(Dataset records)
- - -

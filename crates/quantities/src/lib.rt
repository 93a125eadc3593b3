//! Quantities of Kubernetes in texts, as an API server's CEL library reads and compares them.
#![tactic(auto)]

mod amount;
mod arithmetic;
mod exponent;
mod held;
mod integers;
pub mod laws;
mod numbers;
mod powers;
mod quantity_error;
mod reading;
mod size;
mod spelled;
mod suffixes;
mod texts;
mod unit;

pub use amount::Quantity;
pub use quantity_error::QuantityError;
pub use texts::{as_integer, is_integer, is_quantity, quantity_of, sign};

- - -

**REQUIRED ACTION**
Down to the last character, restate every record.

**TASK RESPONSE**
filename crates/quantities/src/lib.rt
repository 93a125eadc3593b3
//! Quantities of Kubernetes in texts, as an API server's CEL library reads and compares them.
#![tactic(auto)]

mod amount;
mod arithmetic;
mod exponent;
mod held;
mod integers;
pub mod laws;
mod numbers;
mod powers;
mod quantity_error;
mod reading;
mod size;
mod spelled;
mod suffixes;
mod texts;
mod unit;

pub use amount::Quantity;
pub use quantity_error::QuantityError;
pub use texts::{as_integer, is_integer, is_quantity, quantity_of, sign};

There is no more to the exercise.